Mr. Chairman and members of the committee, in just a few weeks, the Federal Reserve Board will submit its semiannual report on monetary policy to the Congress. That report, and my accompanying testimony, will give our detailed assessment of the outlook for the U.S. economy and the implications of that outlook for monetary policy. This morning, I would like to offer some general comments about the state of the economy before turning to the federal budget. I want to emphasize that I speak for myself and not necessarily for the Federal Reserve.

It is clear that the U.S. economy went through a significant cyclical adjustment in 2001 that was exacerbated by the effects of the terrorist attacks on September 11. That adjustment was characterized by sharp reductions in business investment and pronounced liquidations in business inventories and was compounded by the simultaneous economic difficulties of some of our major trading partners. But there have been signs recently that some of the forces that have been restraining the economy over the past year are starting to diminish and that activity is beginning to firm.

One key consideration in that assessment is the behavior of inventories. Stocks in many industries have been drawn down to levels at which firms will soon need to taper off their rate of liquidation, if they have not already done so. Any slowing in the rate of inventory liquidation will induce a rise in industrial production if demand for those products is stable or is falling only moderately. That rise in production will, other things being equal, increase household income and spending. The runoff of inventories, even apart from the large reduction in motor vehicle stocks, remained sizable in the fourth quarter. Hence, with production running well below sales, the potential positive effect on income and spending of the inevitable cessation of inventory liquidation could be significant.

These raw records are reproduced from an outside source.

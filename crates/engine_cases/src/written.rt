//! Folders in memory that stand for catalogues by names.
use crate::named::{put_entries, put_keys};
use crate::running::Shown;
use cat_rows::Catalogue;
use copy_text::Text;
use dump_ports::MemFiles;
use eng_map::NamedMap;
use openings::read_opening;
use saved_folders::{ExportTexts, write_texts};
use script_runs::named_texts;
use std::alloc::{AllocError, Global};

fn folder_name(alloc: Global) -> Result<Text, AllocError> {
    match Text::new(b"db".to_vec(alloc)?) {
        Some(name) => Ok(name),
        None => Err(AllocError),
    }
}

// The files of a folder with these texts.
fn written(alloc: Global, folder: &Text, texts: &ExportTexts) -> Result<MemFiles, AllocError> {
    let mut files = MemFiles::new(alloc, Vec::new(alloc));
    match write_texts(alloc, &mut files, folder, texts) {
        Ok(()) => Ok(files),
        Err(outcome) => {
            drop(outcome);
            Err(AllocError)
        }
    }
}

// What is shown of a catalogue by names.
fn put_shown(
    alloc: Global,
    named: &NamedMap,
    shown: Shown,
    out: &mut Vec<u8>,
) -> Result<(), AllocError> {
    match shown {
        Shown::Keys => put_keys(alloc, named, out),
        Shown::Values => put_entries(alloc, named, out),
    }
}

// What is shown of the catalogue that a folder holds.
fn put_folder(
    alloc: Global,
    files: &mut MemFiles,
    folder: &Text,
    shown: Shown,
    out: &mut Vec<u8>,
) -> Result<(), AllocError> {
    match read_opening(alloc, files, folder) {
        Ok(opening) => put_shown(alloc, opening.named(), shown, out),
        Err(outcome) => {
            drop(outcome);
            out.extend_from_slice(b"not read")
        }
    }
}

fn put_texts(
    alloc: Global,
    texts: &ExportTexts,
    shown: Shown,
    out: &mut Vec<u8>,
) -> Result<(), AllocError> {
    let folder = folder_name(alloc)?;
    let mut files = written(alloc, &folder, texts)?;
    put_folder(alloc, &mut files, &folder, shown, out)
}

/// Appends the keys, or each key with its value, of a catalogue by names that began as this opening, once it was written to
/// a folder and read again.
pub(crate) fn put_written(
    alloc: Global,
    named: &NamedMap,
    opening: &Catalogue,
    shown: Shown,
    out: &mut Vec<u8>,
) -> Result<(), AllocError> {
    match named_texts(alloc, named, opening) {
        Ok(texts) => put_texts(alloc, &texts, shown, out),
        Err(outcome) => {
            drop(outcome);
            out.extend_from_slice(b"not written")
        }
    }
}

But that impetus to activity will be short-lived unless sustained growth of final demand kicks in before the positive effects of the swing from inventory liquidation to accumulation dissipate. Most recoveries in the post-World War II period received a boost from a rebound in demand for consumer durables and housing from recession-depressed levels in addition to some abatement of the liquidation of inventories. Through most of last year's slowdown, in contrast to the usual pattern, the household sector was a major stabilizing force. As a consequence, although household spending should continue to trend up, the potential for significant acceleration in activity in this sector is more limited.

In fact, there are a number of pluses and minuses in the outlook for household spending. Low mortgage interest rates and favorable weather have provided considerable support to homebuilding in recent months. Moreover, attractive mortgage rates have bolstered both the sales of existing homes and the realized capital gains that those sales engender. They have also spurred refinancing of existing homes and the associated liquification of increases in house values. These gains have been important to the ongoing extraction of home equity for consumption and home modernization. The pace of such extractions likely dropped in response to the decline in refinancing activity that followed the backup in mortgage rates that began in early November. But mortgage rates remain at low levels and should continue to provide support to activity in this sector.

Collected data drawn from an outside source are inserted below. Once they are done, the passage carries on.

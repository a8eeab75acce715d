//! What a part of a pattern is made of.
ghost use Rattle.std.specs.Prelude.{◌≡◌, List, [], ◌∷◌, ◌++◌, OnOk, OnErr};

use std::alloc::{AllocError, Global};
use std::marker::Model;

/// What a place of a pattern stands for.
#[derive(Clone, Copy)]
pub enum Atom {
    /// This byte.
    Byte(u8),
    /// One character, whichever it is.
    One,
    /// Any characters, or none.
    Many,
}

/// The schema part or the name part of a pattern. A contract sees it as the list of its atoms.
#[derive(Drop)]
pub struct Part {
    atoms: Vec<Atom>,
}

impl Model for Part {
    ghost use Rattle.std.specs.Prelude.{List};
    ghost use Rattle.patterns.specs.declared.atom.Atom.{Atom};

    ghost Value = { List Atom };

    ghost view = { λ p. p.atoms.items };
}

impl Part {
    /// A part without atoms. It takes no memory.
    pub(crate) fn new(alloc: Global) -> Part
        ensures { result ≡ [] }
    {
        Part {
            atoms: Vec::new(alloc),
        }
    }

    /// Adds an atom at the end. After an `Err` the part is as it was.
    pub(crate) fn push(&mut self, atom: Atom) -> Result<(), AllocError>
        ensures ok { OnOk result (self.new ≡ self.old ++ atom ∷ []) }
        ensures err { OnErr result (self.new ≡ self.old) }
    {
        self.atoms.push(atom)?;
        Ok(())
    }

    /// The atoms.
    pub fn atoms(&self) -> &[Atom]
        ensures { result.now ≡ self.now }
    {
        &self.atoms
    }
}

Consumer spending received a considerable lift from the sales of new motor vehicles, which were remarkably strong in October and November owing to major financing incentives. Sales have receded some as incentives were scaled back, but they have remained surprisingly resilient. Other consumer spending appears to have advanced at a moderate pace in recent months.

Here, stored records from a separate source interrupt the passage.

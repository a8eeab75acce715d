//! A pattern.
ghost use Rattle.std.specs.Prelude.{◌≡◌};
ghost use Rattle.std.specs.Option.{option_copied};

use crate::atom::Part;
use std::marker::Model;

/// A pattern that was read. A contract sees it as its two parts.
#[derive(Drop)]
pub struct Pattern {
    schema: Option<Part>,
    name: Part,
}

impl Model for Pattern {
    ghost use Rattle.patterns.specs.Parts.{Parts};

    ghost Value = { Parts };

    ghost view = { λ p. record { schema = p.schema; name = p.name } };
}

impl Pattern {
    /// The pattern of these parts.
    pub(crate) fn from_parts(schema: Option<Part>, name: Part) -> Pattern
        ensures { result ≡ record { schema = schema; name = name } }
    {
        Pattern { schema, name }
    }

    /// The part before the dot, where there is one.
    pub fn schema(&self) -> Option<&Part>
        ensures { option_copied result ≡ self.now.schema }
    {
        self.schema.as_ref()
    }

    /// The part behind the dot, or the whole pattern.
    pub fn name(&self) -> &Part
        ensures { result.now ≡ self.now.name }
    {
        &self.name
    }
}
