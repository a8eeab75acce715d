//! Why a text is no pattern.
ghost use Rattle.std.specs.Prelude.{◌≡◌};
ghost use Rattle.patterns.specs.declared.fault.PatternReadError.TheVariants.{Fault, Memory};

use std::alloc::AllocError;
use thiserror::Error;

/// What is wrong with the text of a pattern. Places count bytes from 0.
#[derive(Clone, Copy, Debug, PartialEq, Eq, Error)]
pub enum PatternFault {
    /// The quotes that open here are never closed.
    #[error("the quotes at byte {0} have no end")]
    Unclosed(usize),
    /// The second dot outside quotes stands here.
    #[error("a second dot stands at byte {0}")]
    TooManyDots(usize),
    /// The text, or a part beside its dot, has no character but quotes.
    #[error("a part is empty")]
    Empty,
}

/// Why a pattern could not be read.
#[derive(Debug, Drop, Error)]
pub enum PatternReadError {
    /// The text is no pattern.
    #[error("{0}")]
    Fault(PatternFault),
    /// There was no memory for the pattern.
    #[error("out of memory")]
    Memory,
}

impl From<AllocError> for PatternReadError {
    ghost from_gives = { λ _ e. e ≡ Memory };

    fn from(_e: AllocError) -> PatternReadError {
        PatternReadError::Memory
    }
}

impl From<PatternFault> for PatternReadError {
    ghost from_gives = { λ fault e. e ≡ Fault fault };

    fn from(fault: PatternFault) -> PatternReadError {
        PatternReadError::Fault(fault)
    }
}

The substantial declines in the prices of natural gas, fuel oil, and gasoline have clearly provided some support to real disposable income and spending. To have a more persistent effect on the ongoing growth of total personal consumption expenditures, energy prices would need to continue declining. Futures prices do not suggest that such a decline is in the immediate offing, but the forecast record of these markets is less than sterling.

Although the quantitative magnitude and the precise timing of the wealth effect remain uncertain, the steep decline in stock prices since March 2000 has, no doubt, curbed the growth of household spending. Although stock prices recently have retraced a portion of their earlier losses, the restraining effects from the net decline in equity values presumably have not, as yet, fully played out. Future wealth effects will depend importantly on whether corporate earnings improve to the extent currently embedded in share prices.

Perhaps most central to the outlook for consumer spending will be developments in the labor market. The pace of layoffs quickened last fall, especially after September 11, and the unemployment rate rose sharply. Over the past month or so, however, initial claims for unemployment insurance have decreased markedly, on balance, suggesting some abatement in the rate of job loss.

Although this development would be welcome, the unemployment rate may continue to rise for a time, and job losses could put something of a damper on consumer spending. However, the extent of such restraint will depend on how much of any rise in unemployment is the result of weakened demand and how much reflects strengthened productivity. In the latter case, average real incomes could rise, at least partially offsetting losses of purchasing power that stem from diminished levels of employment. Indeed, fragmentary data suggest that productivity has held up quite well of late.

The dynamics of inventory investment and the balance of factors influencing consumer demand will have important consequences for the economic outlook in coming months. But the broad contours of the present cycle have been, and will continue to be, driven by the evolution of corporate profits and capital investment.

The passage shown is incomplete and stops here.